Show every line from the entries that follow which holds the word "Memory".

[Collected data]
=== Section Start ===
//! What a run of the program is: the definitions of its listing, its report and its refusals, and the laws that pin
//! them. The crate has no code that runs.
#![tactic(auto)]

mod composing;
mod laws;

pub use composing::{runs_compose, what_runs_leave_is_trusted};
pub use laws::{
    disks_hold_one_thing, disks_hold_something, heads_agree, made_is_searched, matches_are_counted,
    no_run_is_left_out, runs_are_determined, spans_change_no_fit, tested_cuts_are_accepted,
};
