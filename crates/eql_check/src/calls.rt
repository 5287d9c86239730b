//! The functions: how many arguments each takes, of which kinds, and the kind of its result.
ghost use Rattle.std.specs.Prelude.{◌≡◌, ◌++◌, map, option_map, IfOk, codes};
ghost use Rattle.std.specs.Str.{chars};
ghost use Rattle.eql_query.specs.View.{tree, trees_of};
ghost use Rattle.eql_check.specs.Calls as calls;

use crate::function::Function;
use crate::kinds::may_be;
use eql_query::Expr;
use eql_text::parse_block;
use eql_values::{Kind, Text};
use std::alloc::AllocError;

/// Whether a function takes so many arguments.
pub(crate) fn takes_count(function: Function, count: usize) -> bool
    ensures { result ≡ calls.takes_count function count }
{
    match function {
        Function::Length | Function::String | Function::Number => count == 1,
        Function::Concat => 1 <= count,
        Function::CidrMatch => 2 <= count,
        Function::IndexOf | Function::Substring => 2 <= count && count <= 3,
        Function::Between => 3 <= count && count <= 4,
        _ => count == 2,
    }
}

/// The kind of a function's result.
pub(crate) fn given_by(function: Function) -> Kind
    ensures { result ≡ calls.given_by function }
{
    match function {
        Function::StartsWith
        | Function::EndsWith
        | Function::StringContains
        | Function::CidrMatch => Kind::Bool,
        Function::Concat | Function::Substring | Function::Between | Function::String => Kind::Text,
        _ => Kind::Long,
    }
}

/// The kinds that a function asks for, by place; further places take every kind.
fn asked(function: Function) -> &'static [Kind]
    ensures { result.now ≡ calls.kinds_asked function }
{
    match function {
        Function::Length | Function::Number => &[Kind::Text],
        Function::IndexOf => &[Kind::Text, Kind::Text, Kind::Long],
        Function::StartsWith | Function::EndsWith | Function::StringContains => &[
            Kind::Text,
            Kind::Text,
        ],
        Function::Substring => &[Kind::Text, Kind::Long, Kind::Long],
        Function::Between => &[Kind::Text, Kind::Text, Kind::Text, Kind::Bool],
        Function::Concat | Function::String | Function::CidrMatch => &[],
        _ => &[Kind::Long, Kind::Long],
    }
}

fn are_asked(asked: &[Kind], kinds: &[Option<Kind>]) -> bool
    ensures { result ≡ calls.are_asked asked.now kinds.now }
{
    match asked {
        [] => true,
        [asked, others @ ..] => match kinds {
            [] => true,
            [kind, rest @ ..] => may_be(*asked, *kind) && are_asked(others, rest),
        },
    }
}

/// Whether an argument may stand for a block: a text in quotes, or what is always null.
fn is_block(arg: &Expr, kind: Option<Kind>) -> bool
    ensures { result ≡ calls.is_block (tree arg.now) kind }
{
    match arg {
        Expr::Str(_) => true,
        _ => kind.is_none(),
    }
}

fn are_blocks(args: &[Expr], kinds: &[Option<Kind>]) -> bool
    ensures { result ≡ calls.are_blocks (trees_of (map tree args.now)) kinds.now }
{
    for (arg, kind) in args.iter().zip(kinds.iter()) {
        if !is_block(arg, *kind) {
            return false;
        }
    }
    true
}

/// Whether these are arguments of `cidrMatch`: an address or a text, and blocks.
fn is_cidr(args: &[Expr], kinds: &[Option<Kind>]) -> bool
    ensures { result ≡ calls.is_cidr (trees_of (map tree args.now)) kinds.now }
{
    match (args, kinds) {
        ([_, args @ ..], [kind, kinds @ ..]) => {
            (may_be(Kind::Ip, *kind) || may_be(Kind::Text, *kind)) && are_blocks(args, kinds)
        }
        _ => true,
    }
}

/// Whether a function takes arguments of these kinds.
pub(crate) fn takes_kinds(function: Function, args: &[Expr], kinds: &[Option<Kind>]) -> bool
    ensures { result ≡ calls.takes_kinds function (trees_of (map tree args.now)) kinds.now }
{
    match function {
        Function::CidrMatch => is_cidr(args, kinds),
        _ => are_asked(asked(function), kinds),
    }
}

/// The first text in quotes that isn't a block of addresses.
fn bad_block(args: &[Expr]) -> Option<&Text>
    ensures { option_map (λ text. text.now) result
        ≡ calls.bad_block (trees_of (map tree args.now)) }
{
    for arg in args {
        if let Expr::Str(text) = arg {
            if parse_block(text).is_none() {
                return Some(text);
            }
        }
    }
    None
}

/// The first such text of a call.
pub(crate) fn bad_block_of(function: Function, args: &[Expr]) -> Option<&Text>
    ensures { option_map (λ text. text.now) result
        ≡ calls.bad_block_of function (trees_of (map tree args.now)) }
{
    match (function, args) {
        (Function::CidrMatch, [_, blocks @ ..]) => bad_block(blocks),
        _ => None,
    }
}

/// How a refusal names a function: with `~` after the name where the call has it.
pub(crate) fn shown(name: &Text, fold: bool) -> Result<Text, AllocError>
    ensures { IfOk result (λ text. text ≡ calls.shown_function name.now fold) }
{
    if fold { with_tilde(name) } else { name.clone() }
}

fn with_tilde(name: &Text) -> Result<Text, AllocError>
    ensures { IfOk result (λ text. text ≡ name.now ++ chars (codes "~")) }
{
    let mut text = name.to_string()?;
    text.push_str("~")?;
    Ok(Text::of(text))
}
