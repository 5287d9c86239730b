//! The check of one expression: its kind, or the first rule that it breaks.
ghost use Rattle.std.specs.Prelude.{◌≡◌, map};
ghost use Rattle.eql_query.specs.View.{tree, trees, trees_of};
ghost use Rattle.eql_check.specs.Kinds.{kind_at};
ghost use Rattle.eql_check.specs.Names.{function_of};
ghost use Rattle.eql_check.specs.Calls as calls;
ghost use Rattle.eql_check.specs.FirstBroken as broken;
ghost use Rattle.eql_check.specs.Answers.{Answers, bools_of};

use crate::calls::{bad_block_of, given_by, shown, takes_count, takes_kinds};
use crate::function::Function;
use crate::kinds::{can_be_among, can_compare, holds_field, may_be};
use crate::mapping::Mapping;
use crate::refused::CheckRefused;
use eql_query::{CmpOp, Expr, Exprs, FieldRef};
use eql_values::{Kind, Text, Value};
use std::alloc::Global;
use std::marker::Model;

/// The kinds of some expressions, in their order.
#[derive(Drop)]
struct Kinds {
    items: Vec<Option<Kind>>,
}

impl Model for Kinds {
    ghost use Rattle.std.specs.Prelude.{List, Option};
    ghost use Rattle.eql_values.specs.declared.value.Kind.{Kind as FieldKind};

    ghost Value = { List (Option FieldKind) };

    ghost view = { λ l. l.items.items };
}

/// This kind, where the operands have kinds that fit.
fn given(item: u32, fits: bool, kind: Kind) -> Result<Option<Kind>, CheckRefused>
    ensures { result ≡ broken.kind_if item fits kind }
{
    if fits {
        Ok(Some(kind))
    } else {
        Err(CheckRefused::KindMismatch { item })
    }
}

/// The kind of a field.
fn field_kind(mapping: &Mapping, field: &FieldRef) -> Result<Option<Kind>, CheckRefused>
    ensures { Answers result
        (broken.field_kind (kind_at mapping.now field.now.name) field.now.optional
        field.now.name) }
{
    match mapping.kind(&field.name) {
        Some(kind) => Ok(Some(kind)),
        None => {
            if field.optional {
                Ok(None)
            } else {
                let name = field.name.clone()?;
                Err(CheckRefused::UnknownField { name })
            }
        }
    }
}

/// What a call gives, by the kinds of its arguments.
fn call_kind(
    item: u32,
    name: &Text,
    fold: bool,
    args: &[Expr],
    kinds: &[Option<Kind>],
) -> Result<Option<Kind>, CheckRefused>
    ensures { Answers result
        (broken.call_kind item (function_of name.now fold) (calls.shown_function name.now fold)
        (trees_of (map tree args.now)) kinds.now) }
{
    let Some(function) = Function::of(name, fold) else {
        let name = shown(name, fold)?;
        return Err(CheckRefused::UnknownFunction { name });
    };
    if !takes_count(function, kinds.len()) {
        let name = shown(name, fold)?;
        return Err(CheckRefused::Arity { name });
    }
    if let Some(text) = bad_block_of(function, args) {
        let text = text.clone()?;
        return Err(CheckRefused::Cidr { text });
    }
    given(item, takes_kinds(function, args, kinds), given_by(function))
}

/// The kind of a comparison of two sides of these kinds.
fn comparison(
    item: u32,
    op: CmpOp,
    j: Option<Kind>,
    k: Option<Kind>,
    a: &Expr,
    b: &Expr,
) -> Result<Option<Kind>, CheckRefused>
    ensures { result ≡ broken.comparison item op j k (tree a.now) (tree b.now) }
{
    let kind = given(item, can_compare(op, j, k, a, b), Kind::Bool)?;
    if holds_field(a) && holds_field(b) {
        Err(CheckRefused::FieldToField { item })
    } else {
        Ok(kind)
    }
}

/// The kind of an operator on two whole numbers.
fn calculation(item: u32, j: Option<Kind>, k: Option<Kind>) -> Result<Option<Kind>, CheckRefused>
    ensures { result ≡ broken.calculation item j k }
{
    given(
        item,
        may_be(Kind::Long, j) && may_be(Kind::Long, k),
        Kind::Long,
    )
}

/// The kind of an expression of an item, or the first rule that it breaks. An expression that is always null has no kind.
#[cycle(kind)]
pub(crate) fn kind_of(
    alloc: Global,
    item: u32,
    mapping: &Mapping,
    expr: &Expr,
) -> Result<Option<Kind>, CheckRefused>
    ensures { Answers result (broken.kind_of item (kind_at mapping.now) (tree expr.now)) }
{
    match expr {
        Expr::Null => Ok(None),
        Expr::Bool(_) => Ok(Some(Kind::Bool)),
        Expr::Long(_) => Ok(Some(Kind::Long)),
        Expr::Str(_) => Ok(Some(Kind::Text)),
        Expr::Field(field) => field_kind(mapping, field),
        Expr::Not(a) => operator(alloc, item, mapping, a, Kind::Bool, Kind::Bool),
        Expr::Neg(a) => operator(alloc, item, mapping, a, Kind::Long, Kind::Long),
        Expr::Pattern(_, a, _) => operator(alloc, item, mapping, a, Kind::Text, Kind::Bool),
        Expr::Member {
            fold,
            left,
            list,
            ..
        } => member(alloc, item, mapping, *fold, left, list.items()),
        Expr::Math(_, a, b) => {
            let j = kind_of(alloc, item, mapping, a)?;
            let k = kind_of(alloc, item, mapping, b)?;
            calculation(item, j, k)
        }
        Expr::Cmp(op, a, b) => {
            let j = kind_of(alloc, item, mapping, a)?;
            let k = kind_of(alloc, item, mapping, b)?;
            comparison(item, *op, j, k, a, b)
        }
        Expr::And(operands) | Expr::Or(operands) => connective(alloc, item, mapping, operands),
        Expr::Call { name, fold, args } => called(alloc, item, mapping, name, *fold, args),
    }
}

/// The kind of an operator on one operand, which asks for a kind and gives one.
#[cycle(kind)]
fn operator(
    alloc: Global,
    item: u32,
    mapping: &Mapping,
    a: &Expr,
    asked: Kind,
    gives: Kind,
) -> Result<Option<Kind>, CheckRefused>
    ensures { Answers result
        (broken.operator item (kind_at mapping.now) (tree a.now) asked gives) }
{
    let k = kind_of(alloc, item, mapping, a)?;
    given(item, may_be(asked, k), gives)
}

/// The kind of a list test.
#[cycle(kind)]
fn member(
    alloc: Global,
    item: u32,
    mapping: &Mapping,
    fold: bool,
    left: &Expr,
    list: &[Value],
) -> Result<Option<Kind>, CheckRefused>
    ensures { Answers result
        (broken.member item (kind_at mapping.now) fold (tree left.now) list.now) }
{
    let k = kind_of(alloc, item, mapping, left)?;
    given(item, can_be_among(fold, k, list), Kind::Bool)
}

/// The kind of a call.
#[cycle(kind)]
fn called(
    alloc: Global,
    item: u32,
    mapping: &Mapping,
    name: &Text,
    fold: bool,
    args: &Exprs,
) -> Result<Option<Kind>, CheckRefused>
    ensures { Answers result
        (broken.call item (kind_at mapping.now) name.now fold (trees args.now)) }
{
    let kinds = kinds_of(alloc, item, mapping, args)?;
    call_kind(item, name, fold, args.items(), &kinds.items)
}

/// The kind of `and` and `or`.
#[cycle(kind)]
#[tactic(auto, using(crate::proofs::Answering::refused_operands))]
fn connective(
    alloc: Global,
    item: u32,
    mapping: &Mapping,
    operands: &Exprs,
) -> Result<Option<Kind>, CheckRefused>
    ensures { Answers result
        (broken.connective item
        (broken.kinds_of item (kind_at mapping.now) (trees operands.now))) }
{
    let all = are_bools(alloc, item, mapping, operands)?;
    given(item, all, Kind::Bool)
}

/// Whether all operands may be Boolean.
#[cycle(kind)]
fn are_bools(
    alloc: Global,
    item: u32,
    mapping: &Mapping,
    operands: &Exprs,
) -> Result<bool, CheckRefused>
    ensures { Answers result
        (bools_of (broken.kinds_of item (kind_at mapping.now) (trees operands.now))) }
{
    let mut all = true;
    for operand in operands.items() {
        let kind = kind_of(alloc, item, mapping, operand)?;
        all = all && may_be(Kind::Bool, kind);
    }
    Ok(all)
}

/// The kinds of the arguments of a call.
#[cycle(kind)]
#[tactic(auto, using(crate::proofs::Listing::one_more_kind))]
fn kinds_of(
    alloc: Global,
    item: u32,
    mapping: &Mapping,
    args: &Exprs,
) -> Result<Kinds, CheckRefused>
    ensures { Answers result (broken.kinds_of item (kind_at mapping.now) (trees args.now)) }
{
    let mut items = Vec::with_capacity(alloc, args.items().len())?;
    for arg in args.items() {
        let kind = kind_of(alloc, item, mapping, arg)?;
        items.push(kind)?;
    }
    Ok(Kinds { items })
}
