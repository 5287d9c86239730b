//! The fields that a query uses, numbered in the order of first use.
ghost use Rattle.std.specs.Prelude.{◌≡◌, ◌++◌, [], length, OnOk, IfOk};
ghost use Rattle.eql_query.specs.View.{tree, trees};
ghost use Rattle.eql_check.specs.Entries.{names_seen, terms_in};
ghost use Rattle.eql_check.specs.Kinds.{kind_at};
ghost use Rattle.eql_check.specs.Entering.{used_after, use_if};
ghost use Rattle.eql_check.specs.Used.{fields_in, fields_among, key_names, item_fields};

use crate::mapping::Mapping;
use eql_query::{Expr, Exprs, FieldRef, Term};
use eql_values::{Kind, Memory, NameKinds, Text};
use indexmap::IndexMap;
use std::alloc::Global;
use std::marker::Model;

/// The fields that are used so far, with their kinds, in the order of first use.
#[derive(Drop)]
pub(crate) struct Used {
    fields: IndexMap<String, Kind>,
}

impl Model for Used {
    ghost use Rattle.std.specs.Prelude.{List, ℕ, map};
    ghost use Rattle.eql_values.specs.declared.value.Kind.{Kind as FieldKind};
    ghost use Rattle.eql_check.specs.Entries.{fields_in_entries};

    ghost Value = { List (List ℕ × FieldKind) };

    ghost view = { λ u. fields_in_entries u.fields.entries };
}

impl Used {
    /// No field.
    pub(crate) fn new(alloc: Global) -> Used
        ensures { result ≡ [] }
    {
        Used {
            fields: IndexMap::new(alloc),
        }
    }

    /// Uses a field, where the mapping has it.
    #[tactic(auto, using(crate::proofs::Entering::entered))]
    fn add(&mut self, mapping: &Mapping, name: &Text) -> Result<(), Memory>
        ensures { OnOk result (self.new
            ≡ use_if (kind_at mapping.now name.now) self.old name.now) }
    {
        match mapping.kind(name) {
            None => Ok(()),
            Some(kind) => {
                let name = name.to_string()?;
                self.fields.insert(name, kind)?;
                Ok(())
            }
        }
    }

    /// Uses some fields, one after another.
    pub(crate) fn add_all(&mut self, mapping: &Mapping, names: &[&Text]) -> Result<(), Memory>
        ensures { OnOk result
            (self.new ≡ used_after (kind_at mapping.now) self.old (names_seen names.now)) }
    {
        for name in names {
            self.add(mapping, *name)?;
        }
        Ok(())
    }

    /// How many fields are used.
    pub(crate) fn len(&self) -> usize
        ensures { result ≡ length self.now }
    {
        self.fields.len()
    }

    /// The fields with their kinds.
    pub(crate) fn into_fields(self, alloc: Global) -> Result<NameKinds, Memory>
        ensures { IfOk result (λ fields. fields ≡ self) }
    {
        let mut fields = Vec::with_capacity(alloc, self.fields.len())?;
        for (name, kind) in self.fields {
            fields.push((Text::of(name), kind))?;
        }
        Ok(NameKinds::of(fields))
    }
}

/// Adds the names of an expression's fields, in the order of the text.
#[cycle(names)]
fn add_names<'q>(expr: &'q Expr, names: &mut Vec<&'q Text>) -> Result<(), Memory>
    ensures { OnOk result
        (names_seen names.new.items ≡ names_seen names.old.items ++ fields_in (tree expr.now)) }
{
    match expr {
        Expr::Null | Expr::Bool(_) | Expr::Long(_) | Expr::Str(_) => Ok(()),
        Expr::Field(field) => {
            names.push(&field.name)?;
            Ok(())
        }
        Expr::Not(a) | Expr::Neg(a) | Expr::Pattern(_, a, _) | Expr::Member { left: a, .. } =>
            add_names(a, names),
        Expr::Cmp(_, a, b) | Expr::Math(_, a, b) => {
            add_names(a, names)?;
            add_names(b, names)
        }
        Expr::And(es) | Expr::Or(es) | Expr::Call { args: es, .. } => add_names_among(es, names),
    }
}

#[cycle(names)]
fn add_names_among<'q>(exprs: &'q Exprs, names: &mut Vec<&'q Text>) -> Result<(), Memory>
    ensures { OnOk result
        (names_seen names.new.items
        ≡ names_seen names.old.items ++ fields_among (trees exprs.now)) }
{
    for item in exprs.items() {
        add_names(item, names)?;
    }
    Ok(())
}

/// Adds the names of key fields.
pub(crate) fn add_key_names<'q>(
    keys: &'q [FieldRef],
    names: &mut Vec<&'q Text>,
) -> Result<(), Memory>
    ensures { OnOk result
        (names_seen names.new.items ≡ names_seen names.old.items ++ key_names keys.now) }
{
    for key in keys {
        names.push(&key.name)?;
    }
    Ok(())
}

/// Adds the names of an item's fields: of its condition and then of its own keys.
fn add_item_names<'q>(item: &'q Term, names: &mut Vec<&'q Text>) -> Result<(), Memory>
    ensures { OnOk result
        (names_seen names.new.items
        ≡ names_seen names.old.items
        ++ (fields_in (tree item.now.cond) ++ key_names item.now.by)) }
{
    add_names(&item.cond, names)?;
    add_key_names(item.by.items(), names)
}

/// Adds the names of the fields of items.
pub(crate) fn add_names_of<'q>(items: &[&'q Term], names: &mut Vec<&'q Text>) -> Result<(), Memory>
    ensures { OnOk result
        (names_seen names.new.items
        ≡ names_seen names.old.items ++ item_fields (terms_in items.now)) }
{
    for item in items {
        add_item_names(*item, names)?;
    }
    Ok(())
}
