//! Tests of hands: one that plays by itself on a hub, and those that a search has beside its conductor.
#![tactic(auto)]

#[cfg(test)]
mod alone;
#[cfg(test)]
mod beside;
#[cfg(test)]
mod meeting;
#[cfg(test)]
mod opening;
#[cfg(test)]
mod plans;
=== Section End ===
**Response area:**
use eql_values::{Kind, Memory, NameKinds, Text};
    fn add(&mut self, mapping: &Mapping, name: &Text) -> Result<(), Memory>
    pub(crate) fn add_all(&mut self, mapping: &Mapping, names: &[&Text]) -> Result<(), Memory>
    pub(crate) fn into_fields(self, alloc: Global) -> Result<NameKinds, Memory>
fn add_names<'q>(expr: &'q Expr, names: &mut Vec<&'q Text>) -> Result<(), Memory>
fn add_names_among<'q>(exprs: &'q Exprs, names: &mut Vec<&'q Text>) -> Result<(), Memory>
) -> Result<(), Memory>
fn add_item_names<'q>(item: &'q Term, names: &mut Vec<&'q Text>) -> Result<(), Memory>
pub(crate) fn add_names_of<'q>(items: &[&'q Term], names: &mut Vec<&'q Text>) -> Result<(), Memory>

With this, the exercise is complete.